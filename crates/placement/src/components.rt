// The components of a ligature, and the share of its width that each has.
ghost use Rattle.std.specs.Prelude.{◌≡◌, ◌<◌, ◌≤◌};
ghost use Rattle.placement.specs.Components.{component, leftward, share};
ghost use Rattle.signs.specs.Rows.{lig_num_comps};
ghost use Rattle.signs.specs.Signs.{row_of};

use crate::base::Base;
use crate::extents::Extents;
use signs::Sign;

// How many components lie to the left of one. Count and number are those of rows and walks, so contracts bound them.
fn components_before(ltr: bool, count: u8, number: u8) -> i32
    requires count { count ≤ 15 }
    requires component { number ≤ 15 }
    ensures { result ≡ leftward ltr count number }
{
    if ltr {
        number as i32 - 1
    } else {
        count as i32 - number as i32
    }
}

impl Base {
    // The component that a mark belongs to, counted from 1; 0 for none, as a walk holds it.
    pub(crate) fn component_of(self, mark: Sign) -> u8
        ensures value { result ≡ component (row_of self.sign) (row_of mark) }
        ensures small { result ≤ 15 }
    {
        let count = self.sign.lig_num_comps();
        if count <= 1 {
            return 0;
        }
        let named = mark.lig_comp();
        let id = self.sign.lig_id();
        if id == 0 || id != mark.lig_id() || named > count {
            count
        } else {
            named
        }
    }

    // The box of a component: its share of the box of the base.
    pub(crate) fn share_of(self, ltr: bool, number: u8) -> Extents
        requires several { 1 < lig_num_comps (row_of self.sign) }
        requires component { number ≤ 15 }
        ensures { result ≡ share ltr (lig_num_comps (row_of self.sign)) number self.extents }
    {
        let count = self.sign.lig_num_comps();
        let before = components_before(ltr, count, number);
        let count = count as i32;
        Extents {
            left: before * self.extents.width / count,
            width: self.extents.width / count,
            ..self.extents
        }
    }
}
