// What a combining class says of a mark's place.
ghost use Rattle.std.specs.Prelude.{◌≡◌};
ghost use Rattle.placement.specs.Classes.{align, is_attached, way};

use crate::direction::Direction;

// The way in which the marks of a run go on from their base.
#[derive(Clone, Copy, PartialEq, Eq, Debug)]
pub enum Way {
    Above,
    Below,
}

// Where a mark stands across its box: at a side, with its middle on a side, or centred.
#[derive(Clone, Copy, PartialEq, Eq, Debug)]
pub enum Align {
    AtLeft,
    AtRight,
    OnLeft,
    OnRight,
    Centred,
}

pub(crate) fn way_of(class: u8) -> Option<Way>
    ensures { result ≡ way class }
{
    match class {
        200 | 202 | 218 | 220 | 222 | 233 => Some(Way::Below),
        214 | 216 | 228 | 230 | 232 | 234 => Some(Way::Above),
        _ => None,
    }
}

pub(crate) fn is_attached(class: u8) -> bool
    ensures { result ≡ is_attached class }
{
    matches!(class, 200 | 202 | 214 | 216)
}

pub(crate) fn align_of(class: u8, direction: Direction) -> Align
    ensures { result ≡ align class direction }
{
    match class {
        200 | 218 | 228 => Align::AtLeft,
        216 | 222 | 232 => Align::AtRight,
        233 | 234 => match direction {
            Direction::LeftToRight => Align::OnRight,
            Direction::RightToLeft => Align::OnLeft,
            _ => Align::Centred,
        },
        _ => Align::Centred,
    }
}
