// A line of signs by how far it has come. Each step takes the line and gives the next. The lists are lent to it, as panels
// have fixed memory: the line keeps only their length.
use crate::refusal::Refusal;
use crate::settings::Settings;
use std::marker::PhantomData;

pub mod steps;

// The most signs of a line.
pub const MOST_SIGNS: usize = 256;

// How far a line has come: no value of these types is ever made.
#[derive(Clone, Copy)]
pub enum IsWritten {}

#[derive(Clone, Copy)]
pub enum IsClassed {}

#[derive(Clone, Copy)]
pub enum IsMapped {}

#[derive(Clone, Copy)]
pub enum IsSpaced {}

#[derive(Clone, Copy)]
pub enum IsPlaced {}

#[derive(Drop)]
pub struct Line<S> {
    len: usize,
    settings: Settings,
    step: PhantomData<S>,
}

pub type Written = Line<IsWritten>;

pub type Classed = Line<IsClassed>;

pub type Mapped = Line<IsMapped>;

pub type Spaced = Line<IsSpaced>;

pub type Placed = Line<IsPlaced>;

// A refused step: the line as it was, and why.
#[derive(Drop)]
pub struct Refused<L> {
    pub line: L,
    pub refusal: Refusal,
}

◇ ◇ ◇ ◇ ◇

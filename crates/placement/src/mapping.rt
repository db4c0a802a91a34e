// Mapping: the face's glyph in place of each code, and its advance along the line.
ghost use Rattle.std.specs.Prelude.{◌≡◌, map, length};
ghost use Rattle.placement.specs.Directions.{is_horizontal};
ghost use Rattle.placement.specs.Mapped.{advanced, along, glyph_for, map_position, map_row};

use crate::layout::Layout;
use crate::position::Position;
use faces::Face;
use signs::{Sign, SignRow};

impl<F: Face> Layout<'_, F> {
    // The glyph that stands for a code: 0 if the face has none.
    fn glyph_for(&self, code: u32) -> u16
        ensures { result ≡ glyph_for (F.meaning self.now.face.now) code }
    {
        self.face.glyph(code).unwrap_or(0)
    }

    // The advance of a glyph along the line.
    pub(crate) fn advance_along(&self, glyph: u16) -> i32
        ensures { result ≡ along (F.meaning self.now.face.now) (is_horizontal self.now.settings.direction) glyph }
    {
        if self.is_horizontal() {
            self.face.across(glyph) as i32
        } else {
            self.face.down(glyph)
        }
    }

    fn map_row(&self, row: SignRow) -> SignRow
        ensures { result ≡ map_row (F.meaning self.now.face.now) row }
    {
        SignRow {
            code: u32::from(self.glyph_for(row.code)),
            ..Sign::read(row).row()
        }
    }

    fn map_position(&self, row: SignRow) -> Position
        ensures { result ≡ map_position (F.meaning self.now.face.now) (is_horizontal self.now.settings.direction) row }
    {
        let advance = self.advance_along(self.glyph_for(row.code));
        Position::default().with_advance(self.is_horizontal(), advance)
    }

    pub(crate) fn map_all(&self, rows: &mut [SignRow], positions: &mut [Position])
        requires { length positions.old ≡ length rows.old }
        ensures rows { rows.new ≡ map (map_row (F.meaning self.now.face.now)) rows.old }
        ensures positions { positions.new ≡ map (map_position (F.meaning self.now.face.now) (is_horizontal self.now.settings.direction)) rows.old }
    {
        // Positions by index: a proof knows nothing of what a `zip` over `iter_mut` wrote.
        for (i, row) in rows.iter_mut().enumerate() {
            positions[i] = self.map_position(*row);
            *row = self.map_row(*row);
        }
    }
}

◇ ◇ ◇ ◇ ◇

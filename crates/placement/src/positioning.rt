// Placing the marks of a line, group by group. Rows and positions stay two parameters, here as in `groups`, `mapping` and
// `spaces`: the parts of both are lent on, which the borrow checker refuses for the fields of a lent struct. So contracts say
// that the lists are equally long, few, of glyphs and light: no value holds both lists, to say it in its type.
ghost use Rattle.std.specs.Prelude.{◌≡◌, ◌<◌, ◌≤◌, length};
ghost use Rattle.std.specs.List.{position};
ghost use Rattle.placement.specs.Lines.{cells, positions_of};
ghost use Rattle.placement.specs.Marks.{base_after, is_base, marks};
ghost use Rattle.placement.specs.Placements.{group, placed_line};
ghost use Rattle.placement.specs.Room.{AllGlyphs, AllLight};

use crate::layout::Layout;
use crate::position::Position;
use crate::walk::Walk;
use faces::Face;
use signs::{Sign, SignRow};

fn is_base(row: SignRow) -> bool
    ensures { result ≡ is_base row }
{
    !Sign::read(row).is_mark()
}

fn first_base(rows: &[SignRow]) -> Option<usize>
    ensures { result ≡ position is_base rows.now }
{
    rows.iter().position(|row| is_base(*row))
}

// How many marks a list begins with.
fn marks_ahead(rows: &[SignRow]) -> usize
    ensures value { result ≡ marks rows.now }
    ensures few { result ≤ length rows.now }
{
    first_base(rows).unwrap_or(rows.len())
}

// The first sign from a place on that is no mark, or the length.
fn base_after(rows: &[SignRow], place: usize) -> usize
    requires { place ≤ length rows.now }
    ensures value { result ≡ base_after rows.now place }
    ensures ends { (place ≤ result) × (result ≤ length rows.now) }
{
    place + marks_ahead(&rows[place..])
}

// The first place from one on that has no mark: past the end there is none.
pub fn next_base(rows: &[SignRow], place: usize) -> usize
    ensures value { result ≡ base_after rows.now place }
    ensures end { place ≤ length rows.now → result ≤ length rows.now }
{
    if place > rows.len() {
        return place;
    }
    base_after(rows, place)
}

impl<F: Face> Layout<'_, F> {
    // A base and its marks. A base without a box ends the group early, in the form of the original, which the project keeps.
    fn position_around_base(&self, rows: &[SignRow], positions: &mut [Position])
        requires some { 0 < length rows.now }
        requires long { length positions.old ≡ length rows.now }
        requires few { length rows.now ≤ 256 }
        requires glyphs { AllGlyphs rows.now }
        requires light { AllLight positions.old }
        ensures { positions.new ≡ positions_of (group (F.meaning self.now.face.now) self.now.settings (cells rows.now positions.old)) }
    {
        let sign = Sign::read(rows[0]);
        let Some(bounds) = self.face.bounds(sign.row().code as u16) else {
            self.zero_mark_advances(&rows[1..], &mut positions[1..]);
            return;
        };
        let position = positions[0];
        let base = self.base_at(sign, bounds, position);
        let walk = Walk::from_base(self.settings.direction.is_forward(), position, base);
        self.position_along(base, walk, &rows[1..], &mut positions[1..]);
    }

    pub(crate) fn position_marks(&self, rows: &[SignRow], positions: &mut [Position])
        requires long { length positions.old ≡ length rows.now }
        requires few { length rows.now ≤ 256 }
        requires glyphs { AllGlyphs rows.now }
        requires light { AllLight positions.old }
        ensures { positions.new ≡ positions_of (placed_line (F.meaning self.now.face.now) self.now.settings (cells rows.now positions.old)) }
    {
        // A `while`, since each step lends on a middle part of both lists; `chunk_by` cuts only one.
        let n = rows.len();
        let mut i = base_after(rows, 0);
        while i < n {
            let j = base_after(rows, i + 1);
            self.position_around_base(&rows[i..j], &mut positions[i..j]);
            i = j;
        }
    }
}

◇ ◇ ◇ ◇ ◇

• Problem requirements: From the line holding "pub fn next_base(rows: &[SignRow], place: usize)" to the line holding "let n = rows.len();", inclusive, restate each line above exactly as written.

• Answer below:
pub fn next_base(rows: &[SignRow], place: usize) -> usize
    ensures value { result ≡ base_after rows.now place }
    ensures end { place ≤ length rows.now → result ≤ length rows.now }
{
    if place > rows.len() {
        return place;
    }
    base_after(rows, place)
}

impl<F: Face> Layout<'_, F> {
    // A base and its marks. A base without a box ends the group early, in the form of the original, which the project keeps.
    fn position_around_base(&self, rows: &[SignRow], positions: &mut [Position])
        requires some { 0 < length rows.now }
        requires long { length positions.old ≡ length rows.now }
        requires few { length rows.now ≤ 256 }
        requires glyphs { AllGlyphs rows.now }
        requires light { AllLight positions.old }
        ensures { positions.new ≡ positions_of (group (F.meaning self.now.face.now) self.now.settings (cells rows.now positions.old)) }
    {
        let sign = Sign::read(rows[0]);
        let Some(bounds) = self.face.bounds(sign.row().code as u16) else {
            self.zero_mark_advances(&rows[1..], &mut positions[1..]);
            return;
        };
        let position = positions[0];
        let base = self.base_at(sign, bounds, position);
        let walk = Walk::from_base(self.settings.direction.is_forward(), position, base);
        self.position_along(base, walk, &rows[1..], &mut positions[1..]);
    }

    pub(crate) fn position_marks(&self, rows: &[SignRow], positions: &mut [Position])
        requires long { length positions.old ≡ length rows.now }
        requires few { length rows.now ≤ 256 }
        requires glyphs { AllGlyphs rows.now }
        requires light { AllLight positions.old }
        ensures { positions.new ≡ positions_of (placed_line (F.meaning self.now.face.now) self.now.settings (cells rows.now positions.old)) }
    {
        // A `while`, since each step lends on a middle part of both lists; `chunk_by` cuts only one.
        let n = rows.len();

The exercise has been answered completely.